__WHAT YOU ARE ASKED TO DO__:
Copy each line below in which the word "Ranked" occurs.

■ ■ ■

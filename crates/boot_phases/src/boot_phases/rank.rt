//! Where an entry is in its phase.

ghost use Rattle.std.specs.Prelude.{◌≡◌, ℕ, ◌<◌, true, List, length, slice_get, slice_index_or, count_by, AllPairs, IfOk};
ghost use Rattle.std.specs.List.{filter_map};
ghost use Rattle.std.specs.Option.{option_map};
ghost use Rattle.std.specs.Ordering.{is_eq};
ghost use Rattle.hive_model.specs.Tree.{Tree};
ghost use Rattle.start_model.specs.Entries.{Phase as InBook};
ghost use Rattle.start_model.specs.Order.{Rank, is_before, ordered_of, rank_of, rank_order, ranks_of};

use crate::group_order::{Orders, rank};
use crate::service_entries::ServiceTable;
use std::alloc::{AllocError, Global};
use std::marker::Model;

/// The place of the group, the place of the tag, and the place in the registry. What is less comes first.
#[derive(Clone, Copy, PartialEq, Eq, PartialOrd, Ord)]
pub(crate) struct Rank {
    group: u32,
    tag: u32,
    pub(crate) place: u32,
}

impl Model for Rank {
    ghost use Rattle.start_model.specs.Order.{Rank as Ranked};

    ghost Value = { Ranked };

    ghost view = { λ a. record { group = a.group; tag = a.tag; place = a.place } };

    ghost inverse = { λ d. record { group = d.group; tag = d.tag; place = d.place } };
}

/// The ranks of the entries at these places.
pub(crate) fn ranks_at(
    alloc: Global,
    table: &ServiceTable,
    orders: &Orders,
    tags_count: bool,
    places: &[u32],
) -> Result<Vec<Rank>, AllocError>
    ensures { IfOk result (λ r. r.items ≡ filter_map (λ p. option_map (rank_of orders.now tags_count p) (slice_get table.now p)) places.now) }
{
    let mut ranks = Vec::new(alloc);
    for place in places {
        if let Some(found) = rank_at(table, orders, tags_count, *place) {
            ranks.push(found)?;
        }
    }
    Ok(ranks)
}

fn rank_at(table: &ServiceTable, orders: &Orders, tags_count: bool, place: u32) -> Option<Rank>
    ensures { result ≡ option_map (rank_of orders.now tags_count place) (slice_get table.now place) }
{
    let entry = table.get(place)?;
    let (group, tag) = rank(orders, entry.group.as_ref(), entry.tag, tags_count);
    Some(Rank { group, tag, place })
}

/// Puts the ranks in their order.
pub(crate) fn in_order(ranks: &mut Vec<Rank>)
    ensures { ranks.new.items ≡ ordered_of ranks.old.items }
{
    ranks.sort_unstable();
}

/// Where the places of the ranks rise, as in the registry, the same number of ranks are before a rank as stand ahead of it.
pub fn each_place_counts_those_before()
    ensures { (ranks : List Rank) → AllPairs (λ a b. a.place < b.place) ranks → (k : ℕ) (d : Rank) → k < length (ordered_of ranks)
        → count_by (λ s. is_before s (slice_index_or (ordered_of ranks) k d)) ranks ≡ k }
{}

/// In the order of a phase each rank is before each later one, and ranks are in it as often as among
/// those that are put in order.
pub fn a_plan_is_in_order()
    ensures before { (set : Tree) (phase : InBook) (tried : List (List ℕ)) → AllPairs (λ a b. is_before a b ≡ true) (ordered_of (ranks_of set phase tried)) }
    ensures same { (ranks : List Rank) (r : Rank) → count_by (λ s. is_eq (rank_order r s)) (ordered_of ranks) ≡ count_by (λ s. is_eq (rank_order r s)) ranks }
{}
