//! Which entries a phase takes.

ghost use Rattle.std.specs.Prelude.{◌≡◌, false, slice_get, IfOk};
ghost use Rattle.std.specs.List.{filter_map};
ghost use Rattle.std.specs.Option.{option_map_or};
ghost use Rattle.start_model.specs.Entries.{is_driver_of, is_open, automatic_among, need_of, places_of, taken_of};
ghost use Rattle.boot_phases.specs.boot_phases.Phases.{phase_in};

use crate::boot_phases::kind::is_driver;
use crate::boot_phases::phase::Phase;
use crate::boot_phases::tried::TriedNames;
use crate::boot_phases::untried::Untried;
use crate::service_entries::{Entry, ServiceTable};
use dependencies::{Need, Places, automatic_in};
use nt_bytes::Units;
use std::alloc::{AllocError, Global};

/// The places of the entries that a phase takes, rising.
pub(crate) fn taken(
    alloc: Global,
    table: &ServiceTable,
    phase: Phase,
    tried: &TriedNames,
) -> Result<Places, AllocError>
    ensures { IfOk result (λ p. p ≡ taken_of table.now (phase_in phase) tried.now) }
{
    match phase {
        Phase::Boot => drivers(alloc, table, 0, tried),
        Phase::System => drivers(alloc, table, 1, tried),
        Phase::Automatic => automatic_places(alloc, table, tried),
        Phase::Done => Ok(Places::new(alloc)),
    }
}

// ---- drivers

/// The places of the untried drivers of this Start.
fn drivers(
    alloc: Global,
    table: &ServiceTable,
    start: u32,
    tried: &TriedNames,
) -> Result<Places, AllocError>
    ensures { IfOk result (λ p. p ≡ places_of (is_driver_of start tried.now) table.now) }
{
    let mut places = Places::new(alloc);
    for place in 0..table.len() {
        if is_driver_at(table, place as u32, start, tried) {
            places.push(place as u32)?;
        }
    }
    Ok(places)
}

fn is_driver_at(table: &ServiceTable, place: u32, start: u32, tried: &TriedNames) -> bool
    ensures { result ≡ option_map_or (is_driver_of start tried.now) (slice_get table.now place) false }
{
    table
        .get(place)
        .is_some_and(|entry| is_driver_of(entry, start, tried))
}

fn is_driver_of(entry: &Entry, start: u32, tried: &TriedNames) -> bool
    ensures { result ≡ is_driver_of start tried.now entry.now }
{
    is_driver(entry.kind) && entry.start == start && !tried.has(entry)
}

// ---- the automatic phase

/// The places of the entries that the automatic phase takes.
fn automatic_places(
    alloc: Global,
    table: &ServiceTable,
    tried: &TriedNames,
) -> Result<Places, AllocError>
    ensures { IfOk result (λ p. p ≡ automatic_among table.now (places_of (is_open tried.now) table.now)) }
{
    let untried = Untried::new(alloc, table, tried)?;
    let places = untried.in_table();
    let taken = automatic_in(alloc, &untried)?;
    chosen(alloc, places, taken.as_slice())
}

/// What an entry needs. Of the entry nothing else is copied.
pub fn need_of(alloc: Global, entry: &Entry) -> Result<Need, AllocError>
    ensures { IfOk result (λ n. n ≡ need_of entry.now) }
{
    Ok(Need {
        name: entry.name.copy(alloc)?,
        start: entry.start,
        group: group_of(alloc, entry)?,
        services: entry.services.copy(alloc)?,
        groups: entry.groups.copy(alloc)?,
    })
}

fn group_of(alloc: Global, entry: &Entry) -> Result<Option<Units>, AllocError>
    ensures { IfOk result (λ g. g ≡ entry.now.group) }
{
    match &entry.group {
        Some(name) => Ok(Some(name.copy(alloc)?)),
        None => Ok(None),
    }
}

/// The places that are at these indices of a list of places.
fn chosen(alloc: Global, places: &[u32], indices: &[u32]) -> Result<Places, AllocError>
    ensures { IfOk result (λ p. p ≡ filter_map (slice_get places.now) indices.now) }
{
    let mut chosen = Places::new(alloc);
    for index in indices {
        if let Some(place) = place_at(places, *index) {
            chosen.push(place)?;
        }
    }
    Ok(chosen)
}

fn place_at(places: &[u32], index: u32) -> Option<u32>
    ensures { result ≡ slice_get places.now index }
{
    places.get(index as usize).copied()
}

■ ■ ■

__SOLUTION FOR THIS TASK__:
    ghost use Rattle.start_model.specs.Order.{Rank as Ranked};
    ghost Value = { Ranked };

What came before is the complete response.